Task 1: Run this linear model as given. Spend a minute or two (but no longer) trying different learning rate settings to see if you can find any improvements. Can a linear model produce effective results for this data set?
No. A linear model cannot effectively model this data set. Reducing the learning rate reduces loss, but loss still converges收敛 at an unacceptably high value.
Task 2: Now try adding in cross-product features, such as x1x2, trying to optimize performance.
- Which features help most?
- What is the best performance that you can get?
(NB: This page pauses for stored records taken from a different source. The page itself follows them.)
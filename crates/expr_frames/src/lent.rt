//! A meter that is borrowed.
ghost use Rattle.std.proofs.Common.{ap, inl};
ghost use Rattle.std.specs.Prelude.{◌≡◌, Ok, Err, IfOk, IfErr, false};
ghost use Rattle.expr_frames.specs.Halts.{halt_of};
ghost use Rattle.expr_limits.specs.Rooms.{Holds, Room, with_size};

use crate::halt::{Asked, Halted, RunMeter};
use expr_limits::{Allowance, Limit, Meter};
use expr_value::{Error, Value};
use std::alloc::Global;

/// A meter that is borrowed. The machine stays small if its meter is, so a run that neither pauses nor tells its use
/// counts with one.
#[derive(Drop)]
pub struct Lent<'n, M> {
    pub meter: &'n mut M,
}

impl<'n, M: Meter> Meter for Lent<'n, M> {
    type Stop = M::Stop;

    ghost metered = { λ lent. M.metered lent.meter.now };

    ghost limit = { M.limit };

    ghost pause = { λ lent. M.pause lent.meter.now };

    #[inline(always)]
    fn counts(&self) -> bool {
        self.meter.counts()
    }

    #[inline(always)]
    fn steps_left(&self) -> u64 {
        self.meter.steps_left()
    }

    #[inline(always)]
    fn is_due(&self) -> bool {
        self.meter.is_due()
    }

    #[inline(always)]
    fn enter(&mut self, instructions: usize) -> Result<(), M::Stop> {
        self.meter.enter(instructions)
    }

    #[inline(always)]
    fn work(&mut self, steps: u64, room: u64) -> Result<(), M::Stop> {
        self.meter.work(steps, room)
    }

    #[inline(always)]
    fn overrun(&mut self) -> Result<(), M::Stop> {
        self.meter.overrun()
    }

    #[inline(always)]
    fn count_made(&mut self, value: &Value) -> Result<(), M::Stop> {
        self.meter.count_made(value)
    }

    #[inline(always)]
    fn count_made_array(&mut self, count: u64) -> Result<(), M::Stop> {
        self.meter.count_made_array(count)
    }

    #[inline(always)]
    fn keep(&mut self, value: &Value) -> Result<(), M::Stop> {
        self.meter.keep(value)
    }

    #[inline(always)]
    fn keep_one(&mut self) -> Result<(), M::Stop> {
        self.meter.keep_one()
    }

    #[inline(always)]
    fn keep_array(&mut self, count: u64) -> Result<(), M::Stop> {
        self.meter.keep_array(count)
    }

    #[inline(always)]
    fn mark(&self) -> u64 {
        self.meter.mark()
    }

    #[inline(always)]
    fn release(&mut self, mark: u64) {
        self.meter.release(mark);
    }
}

impl<'n> Lent<'n, Allowance> {
    /// Whether a value of weight 1 could be kept if this size were left, as [`Allowance::check_one`] says it.
    ///
    /// # Errors
    ///
    /// Returns the limit that the value would exceed, and records it.
    #[inline(always)]
    pub fn check_one(&mut self, size: u64) -> Result<(), Limit>
        ensures kept { IfOk result (λ _. (left : Room)
            × Holds 1 0 (with_size size (⟦<Lent<'n, Allowance> as Meter>⟧.metered self.old).room) (Ok left)) }
        ensures same { IfOk result (λ _. ⟦<Lent<'n, Allowance> as Meter>⟧.metered self.new
            ≡ ⟦<Lent<'n, Allowance> as Meter>⟧.metered self.old) }
        ensures exceeded { IfErr result (λ limit.
            Holds 1 0 (with_size size (⟦<Lent<'n, Allowance> as Meter>⟧.metered self.old).room) (Err limit)) }
        ensures noted { IfErr result (λ limit.
            (⟦<Lent<'n, Allowance> as Meter>⟧.metered self.new).stopped ≡ Some limit) }
    {
        self.meter.check_one(size)
    }
}

impl<'n> RunMeter for Lent<'n, Allowance> {
    type Halt = Halted;

    ghost stops = { λ _ _. false };

    ghost halt = { halt_of };

    ghost refuses = { λ _ _ made. ap halt_of made };

    ghost lacks_memory = { λ _ _ made. ap halt_of made };

    ghost passes = { λ _ _ _ _ made. ap halt_of made };

    ghost halts = { λ _ _ made. inl (ap halt_of made) };

    #[inline(always)]
    fn stops_at(&self, _name: &str) -> bool {
        false
    }

    fn asks(&self, _alloc: Global, _asked: Asked) -> Halted {
        Halted::Refused(Error::MemoryError)
    }

    #[inline(always)]
    fn pauses(&self) -> Halted {
        Halted::Refused(Error::MemoryError)
    }
}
Playground's data sets are randomly generated. Consequently, our answers may not always agree exactly with yours. In fact, if you regenerate the data set between runs, your own results won't always agree exactly with your previous runs. That said, you'll get better results by doing the following:
- Using both x12 and x22 as feature crosses. (Adding x1x2 as a feature cross doesn't appear to help.)
- Reducing the Learning rate, perhaps to 0.001.
Task 3: When you have a good model, examine the model output surface (shown by the background color).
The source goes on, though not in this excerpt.